League of Ireland First Division
- Season: 1996–97
- Champions: Kilkenny City
- Promoted: Drogheda United
- Top goalscorer: Richie Hale: 13 (Kilkenny City) Tony Izzi: 13 (Cobh Ramblers)

= 1996–97 League of Ireland First Division =

The 1996–97 League of Ireland First Division season was the 12th season of the League of Ireland First Division.

==Overview==
The First Division was contested by 10 teams and Kilkenny City won the division.

==Final table==

| Pos | Team | Pld | W | D | L | GF | GA | GD | Pts | Promotion or qualification |
| 1 | Kilkenny City A.F.C. | 27 | 15 | 10 | 2 | 47 | 20 | +27 | 55 | Promoted to Premier Division |
| 2 | Drogheda United F.C. | 27 | 12 | 8 | 7 | 44 | 27 | +17 | 44 |
| 3 | Waterford United F.C. | 27 | 12 | 8 | 7 | 41 | 28 | +13 | 44 | Lost promotion/relegation play-off |
| 4 | Athlone Town A.F.C. | 27 | 10 | 7 | 10 | 40 | 39 | +1 | 37 |  |
| 5 | Cobh Ramblers F.C. | 27 | 9 | 8 | 10 | 34 | 28 | +6 | 35 |
| 6 | Galway United F.C. | 27 | 9 | 8 | 10 | 33 | 38 | −5 | 35 |
| 7 | Longford Town F.C. | 27 | 7 | 13 | 7 | 31 | 38 | −7 | 34 |
| 8 | Monaghan United F.C. | 27 | 7 | 9 | 11 | 30 | 46 | −16 | 30 |
| 9 | St Francis F.C. | 27 | 7 | 7 | 13 | 29 | 33 | −4 | 28 |
| 10 | Limerick F.C. | 27 | 4 | 8 | 15 | 23 | 55 | −32 | 20 |

==Promotion/relegation play-off==
Third placed Waterford United played off against Dundalk F.C. who finished in tenth place in the 1996–97 League of Ireland Premier Division.
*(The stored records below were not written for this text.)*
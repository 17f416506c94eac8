// Cryptograms: asked for, given, and which answers a request allows.
#![tactic(auto)]

ghost use Rattle.std.specs.Prelude.{◌≡◌};
ghost use Rattle.decide_cryptogram.specs.Cryptograms.{p1_of, given_by, answers_first, answers_second, allowed_by};

// A cryptogram, asked for or given.
#[derive(Clone, Copy)]
pub enum Cryptogram {
    Aac,
    Tc,
    Arqc,
}

// The first GENERATE AC or the second, and what it asks for.
#[derive(Clone, Copy)]
pub enum Request {
    First(Cryptogram),
    Second(Cryptogram),
}

// P1 of GENERATE AC: one of two bytes that stand for a cryptogram (9F27 has the other), so no `From`.
pub fn p1(asked: Cryptogram) -> u8
    ensures { result ≡ p1_of asked }
{
    match asked {
        Cryptogram::Aac => 0x00,
        Cryptogram::Tc => 0x40,
        Cryptogram::Arqc => 0x80,
    }
}

// What 9F27 says: a cryptogram, or the type that stands for none.
#[tactic(auto, unfolding(crate::specs::Cryptograms::given_by, slices::specs::Choice::pick))]
pub fn given_by(cid: u8) -> Option<Cryptogram>
    ensures { result ≡ given_by cid }
{
    match cid / 64 {
        0 => Some(Cryptogram::Aac),
        1 => Some(Cryptogram::Tc),
        2 => Some(Cryptogram::Arqc),
        _ => None,
    }
}

fn answers_first(asked: Cryptogram, answer: Cryptogram) -> bool
    ensures { result ≡ answers_first asked answer }
{
    match asked {
        Cryptogram::Tc => true,
        Cryptogram::Arqc => !matches!(answer, Cryptogram::Tc),
        Cryptogram::Aac => matches!(answer, Cryptogram::Aac),
    }
}

fn answers_second(asked: Cryptogram, answer: Cryptogram) -> bool
    ensures { result ≡ answers_second asked answer }
{
    match answer {
        Cryptogram::Aac => true,
        Cryptogram::Arqc => false,
        Cryptogram::Tc => matches!(asked, Cryptogram::Tc),
    }
}

#[tactic(auto, unfolding(crate::specs::Cryptograms::allowed_by))]
pub fn allowed(request: Request, given: Option<Cryptogram>) -> bool
    ensures { result ≡ allowed_by request given }
{
    match (request, given) {
        (Request::First(asked), Some(answer)) => answers_first(asked, answer),
        (Request::Second(asked), Some(answer)) => answers_second(asked, answer),
        (_, None) => false,
    }
}
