// What a card can influence while the application is chosen, and after it: definitions and laws only, see specs/ and proofs/.

#![tactic(auto)]
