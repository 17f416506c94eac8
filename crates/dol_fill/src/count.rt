// How many entries of an object list are filled with zeros for want of a value.
ghost use Rattle.std.specs.Prelude.{◌≡◌, ◌≤◌, true};
ghost use Rattle.slices.specs.Tests.{is_some};
ghost use Rattle.start_fields.specs.Reading.{reading_of};
ghost use Rattle.dol_wanted.specs.Wanted.{entries_of, fillable};
ghost use Rattle.session_records.specs.Slots.{told_in};
ghost use Rattle.dol_values.specs.Known.{value_for, supplied};
ghost use Rattle.tlv_head.specs.Head.{tag_of};
ghost use Rattle.dol_fill.specs.Filled.{missing as missing_of, missing_by, unsupplied as unsupplied_in, summed};

use crate::Sources;
use answer_common::content::Format;
use dol_values::supply::{format_of, own_field};
use dol_wanted::is_fillable;
use session_records::slots::has;
use start_fields::fields::bytes;
use std::num::wrapping_add_usize;
use tlv_head::tag::{tag_of, tag_size};

// Whether a value is there for a tag.
fn is_there(from: Sources, tag: usize) -> bool
    ensures { result ≡ is_some (value_for (reading_of from.entry.start.now) (told_in from.entry.known.now) tag) }
{
    match own_field(tag) {
        Some(field) => bytes(from.start, field).len() != 0,
        None => has(from.known, tag),
    }
}

// Whether the terminal supplies a tag: a value is there, and lists know its format.
fn is_supplied(from: Sources, tag: usize) -> bool
    ensures { result ≡ is_some (supplied (reading_of from.entry.start.now) (told_in from.entry.known.now) tag) }
{
    match format_of(tag) {
        Format::Numeric => is_there(from, tag),
        Format::CardNumber => is_there(from, tag),
        Format::Other => is_there(from, tag),
        Format::Unknown => false,
    }
}

// 1 where the entry at the front of a list is not supplied, else 0.
#[tactic(auto, unfolding(crate::specs::Filled::missing, slices::specs::Choice::pick))]
fn missing(list: &[u8], from: Sources) -> usize
    ensures { (result ≡ missing_of (reading_of from.entry.start.now) (told_in from.entry.known.now) (tag_of list.now))
        × (result ≤ 1) }
{
    if is_supplied(from, tag_of(list)) {
        0
    } else {
        1
    }
}

// All entries of a list that can be filled.
#[tactic(auto, using(crate::proofs::Turn::inside))]
fn missing_in(list: &[u8], from: Sources) -> usize
    requires { fillable list.now ≡ true }
    ensures { result ≡ missing_by (reading_of from.entry.start.now) (told_in from.entry.known.now) (entries_of list.now) }
{
    let mut count = 0;
    let mut rest = list;
    while !rest.is_empty() {
        count += missing(rest, from);
        let n = tag_size(rest) + 1;
        rest = &rest[n..];
    }
    count
}

// A list that cannot be filled has none.
#[tactic(auto, unfolding(crate::specs::Filled::unsupplied, slices::specs::Choice::pick))]
pub fn unsupplied(list: &[u8], from: Sources) -> usize
    ensures { result ≡ unsupplied_in (reading_of from.entry.start.now) (told_in from.entry.known.now) list.now }
{
    if is_fillable(list) {
        missing_in(list, from)
    } else {
        0
    }
}

// The sum over the lists filled so far, with those of one list more.
#[tactic(auto, unfolding(crate::specs::Filled::summed))]
pub fn sum(zeros: usize, more: usize) -> usize
    ensures { result ≡ summed zeros more }
{
    wrapping_add_usize(zeros, more)
}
The winner would compete in the 1997–98 League of Ireland Premier Division.

===1st leg===
Dundalk F.C. 3-0 Waterford United

===2nd leg===
Waterford United 1-0 Dundalk F.C.

Dundalk F.C. won 3–1 on aggregate and retained their place in the Premier Division.